_Directions for this task:_
Every line of the listing that follows must be written out unchanged.

_Material shown:_

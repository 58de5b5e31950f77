//! Answers as one result, and values that name another object.
use crate::telling::{equal, refuses, same};
use crate::values::none;
use pybuf::{
    Answer, Fault, FitLoans, Halt, Loan, LoanList, LocalReply, Made, PyByteArray, Scalar, Subject,
    Value,
};
use std::alloc::Global;
use std::test::Fail;

/// The number that a call replies.
fn number_at(alloc: Global, array: &mut PyByteArray, index: i128) -> Result<Option<i128>, Halt> {
    let reply = array.getitem(Value::from(index), none(alloc)).done()?;
    Ok(reply.number())
}

/// Loans by which the handle 7 names another bytearray.
fn lend(alloc: Global, other: &PyByteArray) -> Result<LoanList, Halt> {
    let Some(snap) = other.state().snap(alloc, Subject::Own)? else {
        return Err(Halt::Refused(Fault::UnknownName));
    };
    let mut loans = LoanList::new(alloc);
    loans.push((7, Loan::Other(snap)))?;
    Ok(loans)
}

/// Puts the bytes that the handle 7 names in place of two, as Python's `array[1:3] = other`.
fn assign(alloc: Global, array: &mut PyByteArray, loans: LoanList) -> Result<LocalReply, Halt> {
    if !loans.fit(alloc)? {
        return Err(Halt::Refused(Fault::Value));
    }
    let named = Value::One(Scalar::Handle(7));
    array.setitem(Value::slice(1..3), named, loans).done()
}

#[test]
fn answers_are_one_result(rt: HostRuntime) -> Result<(), Fail> {
    let alloc = rt.alloc();
    let mut array = PyByteArray::from_slice(alloc, b"abcd")?;
    let other = PyByteArray::from_slice(alloc, b"XYZ")?;
    let last = number_at(alloc, &mut array, -1)?;
    equal(&rt, last, Some(100));
    refuses(&rt, number_at(alloc, &mut array, 4), Fault::Index);
    drop(assign(alloc, &mut array, lend(alloc, &other)?)?);
    same(&rt, array.borrow_buf(), b"aXYZd");
    Ok(())
}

_Result below:_
repository 58de5b5e31950f77
//! Answers as one result, and values that name another object.
use crate::telling::{equal, refuses, same};
use crate::values::none;
use pybuf::{
    Answer, Fault, FitLoans, Halt, Loan, LoanList, LocalReply, Made, PyByteArray, Scalar, Subject,
    Value,
};
use std::alloc::Global;
use std::test::Fail;

/// The number that a call replies.
fn number_at(alloc: Global, array: &mut PyByteArray, index: i128) -> Result<Option<i128>, Halt> {
    let reply = array.getitem(Value::from(index), none(alloc)).done()?;
    Ok(reply.number())
}

/// Loans by which the handle 7 names another bytearray.
fn lend(alloc: Global, other: &PyByteArray) -> Result<LoanList, Halt> {
    let Some(snap) = other.state().snap(alloc, Subject::Own)? else {
        return Err(Halt::Refused(Fault::UnknownName));
    };
    let mut loans = LoanList::new(alloc);
    loans.push((7, Loan::Other(snap)))?;
    Ok(loans)
}

/// Puts the bytes that the handle 7 names in place of two, as Python's `array[1:3] = other`.
fn assign(alloc: Global, array: &mut PyByteArray, loans: LoanList) -> Result<LocalReply, Halt> {
    if !loans.fit(alloc)? {
        return Err(Halt::Refused(Fault::Value));
    }
    let named = Value::One(Scalar::Handle(7));
    array.setitem(Value::slice(1..3), named, loans).done()
}

#[test]
fn answers_are_one_result(rt: HostRuntime) -> Result<(), Fail> {
    let alloc = rt.alloc();
    let mut array = PyByteArray::from_slice(alloc, b"abcd")?;
    let other = PyByteArray::from_slice(alloc, b"XYZ")?;
    let last = number_at(alloc, &mut array, -1)?;
    equal(&rt, last, Some(100));
    refuses(&rt, number_at(alloc, &mut array, 4), Fault::Index);
    drop(assign(alloc, &mut array, lend(alloc, &other)?)?);
    same(&rt, array.borrow_buf(), b"aXYZd");
    Ok(())
}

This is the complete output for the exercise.